[INFORMATION GIVEN — start]

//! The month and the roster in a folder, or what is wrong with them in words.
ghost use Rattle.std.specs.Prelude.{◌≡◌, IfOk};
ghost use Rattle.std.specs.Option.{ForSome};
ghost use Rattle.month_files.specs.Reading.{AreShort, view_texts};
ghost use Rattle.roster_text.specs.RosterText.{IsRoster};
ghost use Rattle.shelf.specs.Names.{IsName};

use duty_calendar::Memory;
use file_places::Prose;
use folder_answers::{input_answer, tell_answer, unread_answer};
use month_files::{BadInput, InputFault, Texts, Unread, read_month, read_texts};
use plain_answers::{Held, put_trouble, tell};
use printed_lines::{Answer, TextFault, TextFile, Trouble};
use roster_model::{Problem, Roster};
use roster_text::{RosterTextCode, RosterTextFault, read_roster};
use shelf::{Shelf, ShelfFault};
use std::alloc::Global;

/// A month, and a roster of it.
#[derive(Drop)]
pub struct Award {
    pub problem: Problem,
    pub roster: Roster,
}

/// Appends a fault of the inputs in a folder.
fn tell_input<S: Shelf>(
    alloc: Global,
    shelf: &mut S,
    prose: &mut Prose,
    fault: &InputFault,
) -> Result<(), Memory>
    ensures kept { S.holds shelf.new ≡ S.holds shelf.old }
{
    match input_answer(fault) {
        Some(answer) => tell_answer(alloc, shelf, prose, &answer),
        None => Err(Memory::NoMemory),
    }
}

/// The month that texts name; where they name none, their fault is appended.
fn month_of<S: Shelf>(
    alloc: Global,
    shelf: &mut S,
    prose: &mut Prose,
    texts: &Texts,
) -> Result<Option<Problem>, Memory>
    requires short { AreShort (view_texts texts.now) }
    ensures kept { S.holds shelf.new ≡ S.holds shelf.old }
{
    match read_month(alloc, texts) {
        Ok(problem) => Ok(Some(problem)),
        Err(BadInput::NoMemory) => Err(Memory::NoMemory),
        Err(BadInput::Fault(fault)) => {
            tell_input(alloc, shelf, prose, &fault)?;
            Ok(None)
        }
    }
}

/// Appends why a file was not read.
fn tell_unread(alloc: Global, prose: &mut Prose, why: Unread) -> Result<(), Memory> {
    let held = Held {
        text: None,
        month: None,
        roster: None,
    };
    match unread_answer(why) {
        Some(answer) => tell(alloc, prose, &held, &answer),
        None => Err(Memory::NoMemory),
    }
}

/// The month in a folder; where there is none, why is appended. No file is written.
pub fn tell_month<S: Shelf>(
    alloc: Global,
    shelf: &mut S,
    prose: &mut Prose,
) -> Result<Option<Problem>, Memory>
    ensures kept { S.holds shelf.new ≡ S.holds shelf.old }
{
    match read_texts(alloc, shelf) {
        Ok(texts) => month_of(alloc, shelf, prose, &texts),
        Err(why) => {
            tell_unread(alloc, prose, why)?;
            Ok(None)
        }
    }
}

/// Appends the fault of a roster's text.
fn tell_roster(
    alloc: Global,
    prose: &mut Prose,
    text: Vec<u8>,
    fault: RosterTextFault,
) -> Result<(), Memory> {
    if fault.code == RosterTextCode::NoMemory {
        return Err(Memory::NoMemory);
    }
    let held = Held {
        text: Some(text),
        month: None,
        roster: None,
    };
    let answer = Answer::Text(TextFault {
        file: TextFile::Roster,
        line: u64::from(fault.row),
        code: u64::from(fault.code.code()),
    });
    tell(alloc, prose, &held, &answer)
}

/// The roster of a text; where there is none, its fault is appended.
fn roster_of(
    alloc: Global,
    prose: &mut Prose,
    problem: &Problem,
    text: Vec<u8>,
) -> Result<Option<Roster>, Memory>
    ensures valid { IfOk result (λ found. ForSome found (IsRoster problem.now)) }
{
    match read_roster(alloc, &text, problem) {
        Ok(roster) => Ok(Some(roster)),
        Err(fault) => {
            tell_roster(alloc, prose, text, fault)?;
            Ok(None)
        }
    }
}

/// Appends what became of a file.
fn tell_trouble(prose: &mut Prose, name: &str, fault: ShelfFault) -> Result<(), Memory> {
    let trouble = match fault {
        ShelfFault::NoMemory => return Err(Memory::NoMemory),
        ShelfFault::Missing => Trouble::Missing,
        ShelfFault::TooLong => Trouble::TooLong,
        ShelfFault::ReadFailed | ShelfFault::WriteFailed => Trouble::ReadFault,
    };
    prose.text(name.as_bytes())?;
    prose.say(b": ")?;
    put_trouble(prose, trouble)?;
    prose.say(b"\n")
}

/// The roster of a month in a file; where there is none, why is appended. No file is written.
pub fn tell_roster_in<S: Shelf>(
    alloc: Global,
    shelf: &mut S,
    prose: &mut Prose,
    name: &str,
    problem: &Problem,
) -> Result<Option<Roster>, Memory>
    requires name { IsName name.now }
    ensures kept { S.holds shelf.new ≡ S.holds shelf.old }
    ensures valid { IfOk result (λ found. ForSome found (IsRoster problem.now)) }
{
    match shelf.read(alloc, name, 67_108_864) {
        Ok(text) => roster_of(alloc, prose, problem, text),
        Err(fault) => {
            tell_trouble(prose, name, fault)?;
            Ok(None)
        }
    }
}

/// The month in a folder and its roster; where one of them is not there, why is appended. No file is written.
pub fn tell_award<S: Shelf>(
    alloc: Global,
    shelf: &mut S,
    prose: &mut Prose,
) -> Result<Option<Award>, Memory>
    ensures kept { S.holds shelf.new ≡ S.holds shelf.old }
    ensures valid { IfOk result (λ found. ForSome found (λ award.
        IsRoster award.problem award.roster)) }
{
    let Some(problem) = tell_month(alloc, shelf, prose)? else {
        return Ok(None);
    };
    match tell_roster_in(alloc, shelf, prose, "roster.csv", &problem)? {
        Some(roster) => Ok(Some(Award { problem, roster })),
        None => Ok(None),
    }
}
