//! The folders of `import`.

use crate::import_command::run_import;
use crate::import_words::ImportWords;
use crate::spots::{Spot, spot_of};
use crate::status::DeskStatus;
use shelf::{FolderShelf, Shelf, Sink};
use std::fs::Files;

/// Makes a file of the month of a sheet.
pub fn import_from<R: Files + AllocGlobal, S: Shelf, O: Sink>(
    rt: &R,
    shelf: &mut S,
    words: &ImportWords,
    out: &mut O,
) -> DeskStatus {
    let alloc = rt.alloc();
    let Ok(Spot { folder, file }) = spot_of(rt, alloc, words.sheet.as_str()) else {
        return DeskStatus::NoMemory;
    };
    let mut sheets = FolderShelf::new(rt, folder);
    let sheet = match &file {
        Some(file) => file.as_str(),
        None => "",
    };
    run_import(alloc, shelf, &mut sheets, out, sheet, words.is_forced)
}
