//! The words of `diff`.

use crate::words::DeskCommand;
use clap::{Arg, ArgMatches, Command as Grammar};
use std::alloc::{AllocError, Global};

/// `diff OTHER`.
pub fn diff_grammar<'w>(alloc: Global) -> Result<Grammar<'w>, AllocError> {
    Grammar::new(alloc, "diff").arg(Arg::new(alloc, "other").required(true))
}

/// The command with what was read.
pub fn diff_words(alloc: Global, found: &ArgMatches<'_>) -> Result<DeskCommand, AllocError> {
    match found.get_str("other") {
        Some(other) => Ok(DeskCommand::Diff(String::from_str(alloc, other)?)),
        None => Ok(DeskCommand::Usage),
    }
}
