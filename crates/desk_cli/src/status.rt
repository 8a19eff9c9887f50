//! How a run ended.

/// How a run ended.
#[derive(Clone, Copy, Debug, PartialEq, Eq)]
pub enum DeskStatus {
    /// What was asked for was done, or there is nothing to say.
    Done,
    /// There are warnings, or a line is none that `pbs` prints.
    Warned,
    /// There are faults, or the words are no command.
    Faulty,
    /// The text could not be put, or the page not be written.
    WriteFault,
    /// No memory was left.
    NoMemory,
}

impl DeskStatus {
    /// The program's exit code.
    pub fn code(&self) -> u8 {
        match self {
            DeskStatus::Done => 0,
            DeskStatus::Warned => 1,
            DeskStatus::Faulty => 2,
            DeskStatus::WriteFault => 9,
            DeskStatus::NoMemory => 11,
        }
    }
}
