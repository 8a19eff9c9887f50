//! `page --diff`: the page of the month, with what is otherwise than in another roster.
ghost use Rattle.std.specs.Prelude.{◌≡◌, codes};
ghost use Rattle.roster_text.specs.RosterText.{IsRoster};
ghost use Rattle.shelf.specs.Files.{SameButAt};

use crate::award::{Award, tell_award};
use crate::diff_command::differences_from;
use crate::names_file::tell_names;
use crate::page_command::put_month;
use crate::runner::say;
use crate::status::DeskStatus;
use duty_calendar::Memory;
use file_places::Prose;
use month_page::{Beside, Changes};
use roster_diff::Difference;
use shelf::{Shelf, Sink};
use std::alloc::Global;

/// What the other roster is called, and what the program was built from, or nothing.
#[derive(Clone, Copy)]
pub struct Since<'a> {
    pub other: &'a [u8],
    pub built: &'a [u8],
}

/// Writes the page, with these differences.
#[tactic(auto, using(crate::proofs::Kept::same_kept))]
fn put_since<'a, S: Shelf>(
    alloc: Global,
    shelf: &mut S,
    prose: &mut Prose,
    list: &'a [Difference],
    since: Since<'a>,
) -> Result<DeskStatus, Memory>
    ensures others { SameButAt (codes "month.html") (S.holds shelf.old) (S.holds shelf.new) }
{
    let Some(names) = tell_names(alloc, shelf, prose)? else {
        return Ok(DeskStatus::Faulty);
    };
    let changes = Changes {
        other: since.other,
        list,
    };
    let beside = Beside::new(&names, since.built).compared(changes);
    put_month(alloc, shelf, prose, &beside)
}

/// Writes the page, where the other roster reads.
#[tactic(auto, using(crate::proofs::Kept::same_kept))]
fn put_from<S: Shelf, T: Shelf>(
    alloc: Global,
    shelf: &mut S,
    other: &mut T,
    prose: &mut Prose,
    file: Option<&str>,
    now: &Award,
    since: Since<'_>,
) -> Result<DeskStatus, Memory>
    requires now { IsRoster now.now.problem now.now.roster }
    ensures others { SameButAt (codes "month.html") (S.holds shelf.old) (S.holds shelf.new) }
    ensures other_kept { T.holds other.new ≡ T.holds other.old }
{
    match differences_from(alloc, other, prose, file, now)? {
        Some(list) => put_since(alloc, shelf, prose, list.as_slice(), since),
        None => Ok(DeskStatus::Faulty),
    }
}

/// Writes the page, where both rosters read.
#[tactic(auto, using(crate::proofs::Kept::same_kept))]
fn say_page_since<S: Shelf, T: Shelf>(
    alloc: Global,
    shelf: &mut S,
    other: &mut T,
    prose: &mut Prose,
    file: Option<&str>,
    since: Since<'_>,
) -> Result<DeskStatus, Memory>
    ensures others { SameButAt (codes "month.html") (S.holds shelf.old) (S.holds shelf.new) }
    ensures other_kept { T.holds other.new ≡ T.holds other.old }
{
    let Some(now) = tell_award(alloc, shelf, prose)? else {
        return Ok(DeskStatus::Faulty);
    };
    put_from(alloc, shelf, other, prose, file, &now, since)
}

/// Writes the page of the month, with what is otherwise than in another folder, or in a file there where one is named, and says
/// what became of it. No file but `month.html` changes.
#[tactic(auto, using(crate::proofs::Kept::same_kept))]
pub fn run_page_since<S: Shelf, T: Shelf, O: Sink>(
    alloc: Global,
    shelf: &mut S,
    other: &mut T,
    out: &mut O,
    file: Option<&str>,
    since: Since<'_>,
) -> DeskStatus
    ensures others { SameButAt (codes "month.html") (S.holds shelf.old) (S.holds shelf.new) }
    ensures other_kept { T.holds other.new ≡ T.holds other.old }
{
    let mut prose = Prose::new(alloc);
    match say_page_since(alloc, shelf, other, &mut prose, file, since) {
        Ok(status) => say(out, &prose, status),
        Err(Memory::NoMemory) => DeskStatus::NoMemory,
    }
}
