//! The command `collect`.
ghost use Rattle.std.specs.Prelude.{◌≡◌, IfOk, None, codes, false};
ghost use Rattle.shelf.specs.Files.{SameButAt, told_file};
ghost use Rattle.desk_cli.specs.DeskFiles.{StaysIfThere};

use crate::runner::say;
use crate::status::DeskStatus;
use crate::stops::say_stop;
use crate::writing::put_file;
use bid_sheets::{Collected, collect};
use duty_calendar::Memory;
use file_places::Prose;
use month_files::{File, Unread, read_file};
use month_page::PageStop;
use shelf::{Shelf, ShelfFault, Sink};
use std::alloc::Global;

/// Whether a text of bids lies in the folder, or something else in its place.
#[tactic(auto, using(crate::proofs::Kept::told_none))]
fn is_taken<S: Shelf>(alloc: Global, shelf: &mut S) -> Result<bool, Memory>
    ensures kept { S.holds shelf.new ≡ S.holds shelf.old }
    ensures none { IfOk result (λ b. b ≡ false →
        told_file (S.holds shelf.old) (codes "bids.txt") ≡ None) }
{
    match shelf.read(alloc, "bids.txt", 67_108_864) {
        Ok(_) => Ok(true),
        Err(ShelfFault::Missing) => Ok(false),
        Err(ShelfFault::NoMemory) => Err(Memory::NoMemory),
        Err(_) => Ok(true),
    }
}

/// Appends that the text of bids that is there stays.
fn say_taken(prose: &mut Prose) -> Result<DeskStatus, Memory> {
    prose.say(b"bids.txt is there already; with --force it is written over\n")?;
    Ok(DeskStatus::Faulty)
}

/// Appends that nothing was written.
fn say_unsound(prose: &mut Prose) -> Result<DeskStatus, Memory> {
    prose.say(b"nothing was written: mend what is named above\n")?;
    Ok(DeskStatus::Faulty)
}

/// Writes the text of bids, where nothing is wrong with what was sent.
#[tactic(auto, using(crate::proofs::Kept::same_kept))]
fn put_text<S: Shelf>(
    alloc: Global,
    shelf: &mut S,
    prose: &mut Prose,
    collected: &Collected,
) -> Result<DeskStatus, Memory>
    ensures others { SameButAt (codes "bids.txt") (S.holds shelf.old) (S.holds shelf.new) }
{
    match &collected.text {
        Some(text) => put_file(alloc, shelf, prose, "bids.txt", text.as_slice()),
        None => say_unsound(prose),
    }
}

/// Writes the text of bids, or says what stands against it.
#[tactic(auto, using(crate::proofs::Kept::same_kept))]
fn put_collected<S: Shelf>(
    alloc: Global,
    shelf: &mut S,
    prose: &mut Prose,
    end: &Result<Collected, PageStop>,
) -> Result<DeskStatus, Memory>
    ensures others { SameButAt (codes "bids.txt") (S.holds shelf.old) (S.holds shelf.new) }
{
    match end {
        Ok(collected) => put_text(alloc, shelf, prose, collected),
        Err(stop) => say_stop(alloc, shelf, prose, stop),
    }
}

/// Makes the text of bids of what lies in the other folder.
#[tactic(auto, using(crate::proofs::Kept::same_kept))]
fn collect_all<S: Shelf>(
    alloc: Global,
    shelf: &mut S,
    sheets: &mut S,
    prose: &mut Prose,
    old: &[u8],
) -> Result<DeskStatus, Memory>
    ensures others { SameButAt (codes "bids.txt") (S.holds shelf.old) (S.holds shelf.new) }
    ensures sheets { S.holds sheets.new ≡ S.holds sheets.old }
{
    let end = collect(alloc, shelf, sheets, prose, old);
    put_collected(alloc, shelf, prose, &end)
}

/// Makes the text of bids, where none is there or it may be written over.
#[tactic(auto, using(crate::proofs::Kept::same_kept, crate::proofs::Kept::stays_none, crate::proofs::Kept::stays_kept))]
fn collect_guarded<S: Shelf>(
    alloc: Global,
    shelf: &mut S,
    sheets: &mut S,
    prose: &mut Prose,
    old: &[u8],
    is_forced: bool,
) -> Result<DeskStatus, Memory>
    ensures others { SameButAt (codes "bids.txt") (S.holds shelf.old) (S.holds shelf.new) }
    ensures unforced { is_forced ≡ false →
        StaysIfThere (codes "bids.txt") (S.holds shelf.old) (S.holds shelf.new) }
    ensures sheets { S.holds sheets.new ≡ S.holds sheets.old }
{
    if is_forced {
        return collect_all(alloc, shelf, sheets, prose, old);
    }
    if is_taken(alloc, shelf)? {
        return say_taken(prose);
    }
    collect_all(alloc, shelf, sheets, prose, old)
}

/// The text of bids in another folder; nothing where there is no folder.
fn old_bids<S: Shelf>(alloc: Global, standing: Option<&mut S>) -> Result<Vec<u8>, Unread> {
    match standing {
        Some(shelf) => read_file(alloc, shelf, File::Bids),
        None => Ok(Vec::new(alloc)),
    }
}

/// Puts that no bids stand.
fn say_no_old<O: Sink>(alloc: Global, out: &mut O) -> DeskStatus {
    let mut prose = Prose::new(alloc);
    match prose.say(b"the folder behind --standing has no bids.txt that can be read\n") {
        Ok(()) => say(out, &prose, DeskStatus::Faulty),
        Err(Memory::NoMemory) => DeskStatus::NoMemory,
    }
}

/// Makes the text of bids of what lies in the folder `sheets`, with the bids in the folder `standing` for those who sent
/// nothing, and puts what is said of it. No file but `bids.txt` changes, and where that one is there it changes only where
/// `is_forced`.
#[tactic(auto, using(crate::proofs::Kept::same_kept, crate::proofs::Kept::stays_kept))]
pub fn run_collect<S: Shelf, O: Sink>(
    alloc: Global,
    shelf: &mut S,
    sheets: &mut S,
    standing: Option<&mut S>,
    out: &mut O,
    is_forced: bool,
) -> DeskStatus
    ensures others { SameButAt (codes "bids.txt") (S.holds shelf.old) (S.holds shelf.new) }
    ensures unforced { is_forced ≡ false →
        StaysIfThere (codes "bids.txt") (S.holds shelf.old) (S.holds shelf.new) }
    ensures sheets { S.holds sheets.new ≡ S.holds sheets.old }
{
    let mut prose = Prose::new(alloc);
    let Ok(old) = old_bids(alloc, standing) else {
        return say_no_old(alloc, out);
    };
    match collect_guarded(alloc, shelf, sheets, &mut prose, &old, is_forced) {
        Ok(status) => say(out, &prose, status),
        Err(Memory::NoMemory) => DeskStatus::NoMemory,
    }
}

[INFORMATION GIVEN — finish]

## WHAT THE EXERCISE ASKS
From the first line of the listing above through the line that contains "was not read.", set down each line without alteration, and nothing else.

## EXERCISE RESPONSE
//! The month and the roster in a folder, or what is wrong with them in words.
ghost use Rattle.std.specs.Prelude.{◌≡◌, IfOk};
ghost use Rattle.std.specs.Option.{ForSome};
ghost use Rattle.month_files.specs.Reading.{AreShort, view_texts};
ghost use Rattle.roster_text.specs.RosterText.{IsRoster};
ghost use Rattle.shelf.specs.Names.{IsName};

use duty_calendar::Memory;
use file_places::Prose;
use folder_answers::{input_answer, tell_answer, unread_answer};
use month_files::{BadInput, InputFault, Texts, Unread, read_month, read_texts};
use plain_answers::{Held, put_trouble, tell};
use printed_lines::{Answer, TextFault, TextFile, Trouble};
use roster_model::{Problem, Roster};
use roster_text::{RosterTextCode, RosterTextFault, read_roster};
use shelf::{Shelf, ShelfFault};
use std::alloc::Global;

/// A month, and a roster of it.
#[derive(Drop)]
pub struct Award {
    pub problem: Problem,
    pub roster: Roster,
}

/// Appends a fault of the inputs in a folder.
fn tell_input<S: Shelf>(
    alloc: Global,
    shelf: &mut S,
    prose: &mut Prose,
    fault: &InputFault,
) -> Result<(), Memory>
    ensures kept { S.holds shelf.new ≡ S.holds shelf.old }
{
    match input_answer(fault) {
        Some(answer) => tell_answer(alloc, shelf, prose, &answer),
        None => Err(Memory::NoMemory),
    }
}

/// The month that texts name; where they name none, their fault is appended.
fn month_of<S: Shelf>(
    alloc: Global,
    shelf: &mut S,
    prose: &mut Prose,
    texts: &Texts,
) -> Result<Option<Problem>, Memory>
    requires short { AreShort (view_texts texts.now) }
    ensures kept { S.holds shelf.new ≡ S.holds shelf.old }
{
    match read_month(alloc, texts) {
        Ok(problem) => Ok(Some(problem)),
        Err(BadInput::NoMemory) => Err(Memory::NoMemory),
        Err(BadInput::Fault(fault)) => {
            tell_input(alloc, shelf, prose, &fault)?;
            Ok(None)
        }
    }
}

/// Appends why a file was not read.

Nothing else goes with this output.